Do I start from KVL and write two loops? But then there's way too many unknowns. Here's a very poor attempt at writing one:

Top loop: -VR1 - Vbc - VRc + 20 = 0 Bottom loop: -VR2 - VRe - Veb = 0

Do I assume the NPN transistor is in active mode and set Vbe = 0.7v? We don't know that until we find the actual relevant voltages around the transistor.

This somewhat resembles a voltage divider, but it doesn't seem like one.

Rough guideline is fine, I'd like to know a starting point on how to tackle this problem.
 

MrAl

Joined Jun 17, 2014
11,389
Hi,

First, do they allow a more analytic approach like using Vbe for the base emitter diode drop or do they want a numerical result like using 0.7v for the base emitter voltage, and if they do want a numerical result then is 0.7v a good enough approximation or not?

If you use Vbe then you can just write equations, without having to actually know what Vbe is right now.
For example, then Vb=Ve+Vbe and that's it.
If you use 0.7, then you probably have to calculate everything numerically.
 

WBahn

Joined Mar 31, 2012
29,976
For your loop equation you can't just say "Vr1" since the voltage drop across a component has a polarity.

Also, where does the "20 V" come from? There is nothing along that loop the drops 20 V. Just because the voltage of one of the nodes relative to some unrelated reference node is 20 V does not mean that anything around any particular loop drops 20 V.

As with most diode/transistor circuits, you have to assume which state the decides are in, analyze the circuit under that assumptions, and then evaluated the results to determine if the assumption was valid.

All of this you should have seen and become comfortable with long before being asked to analyze this circuit.

To get an initial estimate of the answers, assume that the transistor has infinite beta. This means that no current enters the base and that the collector and emitter currents are equal. That will likely get you a result that is within a few percent of the actual results.
 

dannyf

Joined Sep 13, 2015
2,197
Rough guideline is fine, I'd like to know a starting point on how to tackle this problem.
Assume sufficiently large beta for Q1: any reasonable transistor + Re will overwhelm R2 so we are good here.

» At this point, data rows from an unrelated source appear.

// Plans, and who takes part in them.
#![tactic(auto, unfolding(crate::specs::PlanContents::plan_contents, crate::specs::Parts::contents_of))]

ghost use Rattle.std.specs.Prelude.{◌≡◌, ◌<◌, length, slice_get, Some, All};
ghost use Rattle.std.specs.Map.{keys_of, values_of};
ghost use Rattle.message_tree.specs.Trees.{frame_tree};
ghost use Rattle.plan_core.specs.NameBytes.{name_bytes};
ghost use Rattle.plan_core.specs.Parts.{contents_of};
ghost use Rattle.plan_core.specs.Limits.{IsKnown, IsWithinLimits};
ghost use Rattle.plan_core.specs.Participants.{participants_of, participant_count, forbidden, same_controller};
ghost use Rattle.plan_core.specs.PairTables.{IsPairTable};

use crate::names::Name;
use crate::pairs::{PairTable, forbids_both, is_one_controller, last_begun};
use indexmap::IndexMap;
use message_tree::Frame;

/// One who may take part in a run.
#[derive(Clone, Copy, PartialEq, Eq)]
pub enum Participant {
    /// A controller with one of its messages, both by number.
    Sending { controller: u32, message: u32 },
    /// An interrupt, by number.
    Interrupt(u32),
}

/// A plan: messages, controllers with the messages that each may send, interrupts, and which controllers never start
/// together. Messages, controllers and interrupts are numbered from 0, each kind in the order in which they were added.
///
/// Participants are numbered from 0: first each controller with each of its messages, controller by controller and in
/// the order of its list, and then the interrupts. Two participants that may start together are a pair. Pairs are
/// numbered from 0 in dictionary order, the lower number first.
///
/// A plan has at most 256 messages, of at most 4096 nodes and 256 bytes on a path each, 32 controllers, 32 interrupts and
/// 512 sendings.
pub struct Plan {
    pub(crate) messages: IndexMap<Name, Frame>,
    pub(crate) controllers: IndexMap<Name, Vec<u32>>,
    pub(crate) interrupts: IndexMap<Name, u8>,
    pub(crate) nevers: Vec<(u32, u32)>,
    pub(crate) participants: Vec<Participant>,
    pub(crate) pairs: PairTable,
    pub ghost limits: { IsWithinLimits (contents_of messages.entries controllers.entries interrupts.entries nevers.items) },
    pub ghost numbered: { participants.items ≡
        participants_of (contents_of messages.entries controllers.entries interrupts.entries nevers.items) },
    pub ghost paired: { IsPairTable (contents_of messages.entries controllers.entries interrupts.entries nevers.items) pairs },
}

// Written out, so that one call lets it go.
impl Drop for Plan {
    fn drop(self) {
        let Self {
            messages: _,
            controllers: _,
            interrupts: _,
            nevers: _,
            participants: _,
            pairs: _,
        } = self;
    }
}

impl Plan {
    ghost use Rattle.plan_core.specs.PlanContents.{plan_contents};
    ghost use Rattle.plan_core.specs.Pairs.{pairs_of};

    /// The number of messages.
    pub fn messages(&self) -> u32
        ensures { result ≡ length (plan_contents self.now).messages }
    {
        self.messages.len() as u32
    }

    /// The message with this number.
    pub fn message(&self, k: u32) -> &Frame
        requires { k < length (plan_contents self.now).messages }
        ensures { slice_get (values_of (plan_contents self.now).messages) k ≡ Some (frame_tree result.now) }
    {
        self.messages.get_index(k as usize).unwrap().1
    }

    /// The name of the message with this number.
    pub fn message_name(&self, k: u32) -> &Name
        requires { k < length (plan_contents self.now).messages }
        ensures { slice_get (keys_of (plan_contents self.now).messages) k ≡ Some (name_bytes result.now) }
    {
        self.messages.get_index(k as usize).unwrap().0
    }

    /// The number of controllers.
    pub fn controllers(&self) -> u32
        ensures { result ≡ length (plan_contents self.now).controllers }
    {
        self.controllers.len() as u32
    }

    /// The name of the controller with this number.
    pub fn controller_name(&self, k: u32) -> &Name
        requires { k < length (plan_contents self.now).controllers }
        ensures { slice_get (keys_of (plan_contents self.now).controllers) k ≡ Some (name_bytes result.now) }
    {
        self.controllers.get_index(k as usize).unwrap().0
    }

    /// The numbers of the messages that the controller with this number may send, in its own order.
    pub fn controller_messages(&self, k: u32) -> &[u32]
        requires { k < length (plan_contents self.now).controllers }
        ensures value { slice_get (values_of (plan_contents self.now).controllers) k ≡ Some result.now }
        ensures known { All (λ m. m < length (plan_contents self.now).messages) result.now }
    {
        self.controllers.get_index(k as usize).unwrap().1.as_slice()
    }

    /// The number of interrupts.
    pub fn interrupts(&self) -> u32
        ensures { result ≡ length (plan_contents self.now).interrupts }
    {
        self.interrupts.len() as u32
    }

    /// The name of the interrupt with this number.
    pub fn interrupt_name(&self, k: u32) -> &Name
        requires { k < length (plan_contents self.now).interrupts }
        ensures { slice_get (keys_of (plan_contents self.now).interrupts) k ≡ Some (name_bytes result.now) }
    {
        self.interrupts.get_index(k as usize).unwrap().0
    }

    /// The address of the interrupt with this number, in seven bits.
    pub fn interrupt_address(&self, k: u32) -> u8
        requires { k < length (plan_contents self.now).interrupts }
        ensures { slice_get (values_of (plan_contents self.now).interrupts) k ≡ Some result }
    {
        *self.interrupts.get_index(k as usize).unwrap().1
    }

    /// The number of `never` items, each of which names two controllers that never start together.
    pub fn nevers(&self) -> u32
        ensures { result ≡ length (plan_contents self.now).nevers }
    {
        self.nevers.len() as u32
    }

    /// The numbers of the two controllers of the `never` with this number, in the order in which it names them.
    pub fn never(&self, k: u32) -> (u32, u32)
        requires { k < length (plan_contents self.now).nevers }
        ensures value { slice_get (plan_contents self.now).nevers k ≡ Some result }
        ensures known { (result.0 < length (plan_contents self.now).controllers) ×
            (result.1 < length (plan_contents self.now).controllers) }
    {
        self.nevers[k as usize]
    }

    /// The number of participants.
    pub fn participants(&self) -> u32
        ensures { result ≡ participant_count (plan_contents self.now) }
    {
        self.participants.len() as u32
    }

    /// The participant with this number.
    pub fn participant(&self, i: u32) -> Participant
        requires { i < participant_count (plan_contents self.now) }
        ensures value { slice_get (participants_of (plan_contents self.now)) i ≡ Some result }
        ensures known { IsKnown (plan_contents self.now) result }
    {
        self.participants[i as usize]
    }

    /// Whether both are sendings of one controller.
    #[tactic(auto, unfolding(crate::specs::Participants::same_controller))]
    pub fn same_controller(&self, x: u32, y: u32) -> bool
        requires x_within { x < participant_count (plan_contents self.now) }
        requires y_within { y < participant_count (plan_contents self.now) }
        ensures { result ≡ same_controller (plan_contents self.now) x y }
    {
        is_one_controller(self.participant(x), self.participant(y))
    }

    /// Whether both are sendings whose controllers one `never` names.
    #[tactic(auto, unfolding(crate::specs::PlanContents::plan_contents, crate::specs::Parts::contents_of, crate::specs::Participants::forbidden))]
    pub fn forbids(&self, x: u32, y: u32) -> bool
        requires x_within { x < participant_count (plan_contents self.now) }
        requires y_within { y < participant_count (plan_contents self.now) }
        ensures { result ≡ forbidden (plan_contents self.now) x y }
    {
        forbids_both(&self.nevers, self.participant(x), self.participant(y))
    }

    /// The number of pairs.
    pub fn pair_count(&self) -> u32
        ensures { result ≡ length (pairs_of (plan_contents self.now)) }
    {
        self.pairs.count
    }

    /// The two participants of the pair with this number, the lower number first.
    pub fn pair(&self, i: u32) -> (u32, u32)
        requires { i < length (pairs_of (plan_contents self.now)) }
        ensures { slice_get (pairs_of (plan_contents self.now)) i ≡ Some result }
    {
        let x = last_begun(&self.pairs.rows, i);
        let row = self.pairs.rows[x];
        let y = self.pairs.partners[(row.partners + (i - row.first)) as usize];
        (x as u32, y)
    }
}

R1/R2 divides Vcc to determine Vb. Ve = Vb - 0.7v.

Ve / Re => Ie ~= Ic.

Vc = Vcc - Ic * Rc.
 

MrAl

Joined Jun 17, 2014
11,389
For your loop equation you can't just say "Vr1" since the voltage drop across a component has a polarity.
Hi,

Wbahn:
Not sure what you mean here. Dont we usually use the passive sign convention?

I46kok:
Your top loop is not formed correctly. Note that the 20v source is not in series with those other components.
Try that again and see what you can make of it.
Transistor circuits like this can be handled just like any other circuit with a dependent source that is reckoned to be a current controlled current source. If you have never dealt with dependent sources you will need to study those a little more.
 

shteii01

Joined Feb 19, 2010
4,644
WBahn is right about assuming the state of the transistor. That is the only way to define Vce.
If I recall correctly, we usually assumed that transistor was on and saturated, and used Vce(sat) from datasheet. My textbook used 2N2222 for all these problems and the datasheet was included in the end of the book.
 

WBahn

Joined Mar 31, 2012
29,976
Hi,

Wbahn:
Not sure what you mean here. Dont we usually use the passive sign convention?
That might be possible, except that he doesn't define the current direction. You have to define one or the other. You also have to define it consistently, so you can't just use the direction of a mesh current because the voltage needs to be defined with the same polarity even though shared meshes have opposite polarity.
 

MrAl

Joined Jun 17, 2014
11,389
That might be possible, except that he doesn't define the current direction. You have to define one or the other. You also have to define it consistently, so you can't just use the direction of a mesh current because the voltage needs to be defined with the same polarity even though shared meshes have opposite polarity.
Hi,

I guess for me i automatically assume a current direction based on the equation i would write, even without showing it on the schematic.
For example, if i had a 10v source in series with three resistors R1, R2, and R3 i would probably just write:
10=vR1+vR2+vR3

and because it is a positive source and because i use conventional current flow the direction of current must be obvious or it would not work out to anything reasonable. So the current direction is implied using the passive sign convention. I thought everybody did it this way.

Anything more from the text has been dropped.